Question

Question #9079e

Answer 1

A plane `Pi` can be defined by a normal vector and one point.

Given three points

`p_1,p_2,p_3` not aligned, then

`vec n = (p_2-p_1) xx (p_3-p_1)` is the normal vector, and we can choose any one of the three point also to make

`Pi-> << p-p_1, vec n >> = 0` where `p = (x,y,z)`

In our case

`vec n = (3,64,-74)` and then

`3x+64y-74z-35=0` or

`3x+64y-74z=35`

Answer 2

`3x+64y-74z=35`.

Explanation:

The eqn. of a plane through points

`P(x_1,y_1,z_1), Q(x_2,y_2,z_2) and R(x_3,y_3,z_3)` is given by,

`|(x-x_1,y-y_1,z-z_1), (x_2-x_1,y_2-y_1,z_2-z_1),(x_3-x_1,y_3-y_1,z_3-z_1)|=0`.

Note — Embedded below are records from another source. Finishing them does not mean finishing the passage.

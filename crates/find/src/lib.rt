// What is live at an address: found by a walk over blocks, from the last free one below it on, so that no payload and no stale word can pass for a tag.
// Calls that write come by here too, on a heap that the next write changes, so here, in `fitting` and in `holding` `requires` says that the bytes are sound; for reading alone it is a type (`reading::heap::SoundHeap`).
#![tactic(auto)]

ghost use Rattle.std.specs.Prelude.{◌≡◌, ◌+◌, ◌≤◌, length};
ghost use Rattle.model.specs.Shape.{shape};
ghost use Rattle.model.specs.Layout.{Layout};
ghost use Rattle.model.specs.Sound.{Here, Sound};
ghost use Rattle.find.specs.Find.{Finds, OnBlock, OnPage, behind_at, touches_at, Nearest};

use model::{
    Address, FREE, HELD, Position, VARIABLE, address_of, asked_in, class_in, end_of, first_free_at,
    first_item_at, flags_in, item_size, items_in_page, kind_in, next_at, position_of, size_in,
    start,
};
use words::Width;

// A block in use: where it stands, its size, the last free block before it, and whether that touches it.
// prev is 0 where there is none: it is the link's own word, which is written back as it is.
#[derive(Clone, Copy)]
pub struct UsedBlock {
    pub at: Position,
    pub size: usize,
    pub prev: Position,
    pub touching: bool,
}

// What is live at an address: an item, by its header's position, its class and the size that was asked for (0: not known); or a variable block.
#[derive(Clone, Copy)]
pub enum Live {
    Item {
        at: Position,
        class: usize,
        asked: usize,
    },
    Variable(UsedBlock),
}

// The item whose payload begins at a, in the page at p.
fn in_page<W: Width>(h: &[u8], p: Position, a: Address) -> Option<Live>
    requires { OnPage W.BYTES h.now p.0 a.0 }
    ensures { (L : Layout) → Here (shape W.BYTES) h.now L → Finds W.BYTES L a.0 result }
{
    let item = first_item_at::<W>(p);
    let first = address_of::<W>(item);
    if a.0 < first.0 {
        return None;
    }
    let class = class_in::<W>(W::word(h, item.0));
    let size = item_size::<W>(class);
    let d = a.0 - first.0;
    if d % size != 0 {
        return None;
    }
    if items_in_page::<W>(class) <= d / size {
        return None;
    }
    let at = position_of::<W>(a);
    let header = W::word(h, at.0);
    if flags_in(header) != HELD {
        return None;
    }
    Some(Live::Item {
        at,
        class,
        asked: asked_in(header),
    })
}

// What is live at a, in the block at p with the tag t that reaches past a.
fn in_block<W: Width>(
    h: &[u8],
    p: Position,
    t: usize,
    prev: Position,
    touching: bool,
    a: Address,
) -> Option<Live>
    requires { OnBlock W.BYTES h.now p.0 t prev.0 touching a.0 }
    ensures { (L : Layout) → Here (shape W.BYTES) h.now L → Finds W.BYTES L a.0 result }
{
    let kind = kind_in(t);
    if kind == FREE {
        return None;
    }
    if kind != VARIABLE {
        return in_page::<W>(h, p, a);
    }
    if a.0 != address_of::<W>(p).0 {
        return None;
    }
    Some(Live::Variable(UsedBlock {
        at: p,
        size: size_in(t),
        prev,
        touching,
    }))
}

// The last free block below a, found along the list of the free ones, which is in order of position; 0: none.
pub fn last_free<W: Width>(h: &[u8], a: Address) -> Position
    requires { Sound (shape W.BYTES) h.now }
    ensures { (L : Layout) → Here (shape W.BYTES) h.now L → Nearest W.BYTES h.now L a.0 result.0 }
{
    let mut prev = Position(0);
    let mut next = Position(W::word(h, first_free_at::<W>().0));
    while next.0 != 0 {
        if a.0 <= next.0 {
            return prev;
        }
        prev = next;
        next = Position(W::word(h, next_at::<W>(prev).0));
    }
    prev
}

// Where the block behind the free one at prev begins; the first of all, where prev is 0.
fn behind<W: Width>(h: &[u8], prev: Position) -> Position
    requires { (prev.0 + W.BYTES ≤ length h.now) × (behind_at W.BYTES h.now prev.0 ≤ length h.now) }
    ensures { result.0 ≡ behind_at W.BYTES h.now prev.0 }
{
    if prev.0 == 0 {
        return start::<W>();
    }
    Position(prev.0 + W::word(h, prev.0))
}

// Whether the free block at prev, behind which blocks begin at `begin`, touches the block at p.
fn touches(prev: Position, begin: Position, p: Position) -> bool
    ensures { result ≡ touches_at prev.0 begin.0 p.0 }
{
    if prev.0 == 0 {
        return false;
    }
    p.0 == begin.0
}

// What is live at a.
pub fn find<W: Width>(h: &[u8], a: Address) -> Option<Live>
    requires { Sound (shape W.BYTES) h.now }
    ensures { (L : Layout) → Here (shape W.BYTES) h.now L → Finds W.BYTES L a.0 result }
{
    if a.0 < start::<W>().0 {
        return None;
    }
    if end_of(h.len()).0 <= a.0 {
        return None;
    }
    let prev = last_free::<W>(h, a);
    let begin = behind::<W>(h, prev);
    if a.0 < begin.0 {
        return None;
    }
    let mut p = begin;
    // No range: each turn goes on by the length that the tag has just said.
    loop {
        let t = W::word(h, p.0);
        let next = Position(p.0 + size_in(t));
        if a.0 < next.0 {
            return in_block::<W>(h, p, t, prev, touches(prev, begin, p), a);
        }
        p = next;
    }
}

`:.|(x-5,y+2,z+2),(-5-5,-5+2,-5+2),(-3-5,3+2,2+2)|=0`.

`:. |(x-5,y+2,z+2),(-10,-3,-3),(-8,5,4)|=0`.

`:.(x-5)(-12+15)-(y+2)(-40-24)+(z+2)(-50-24)=0`.

`:. 3(x-5)+64(y+2)-74(z+2)=0`.

`rArr 3x+64y-74z=35`, is the desired eqn. of the plane.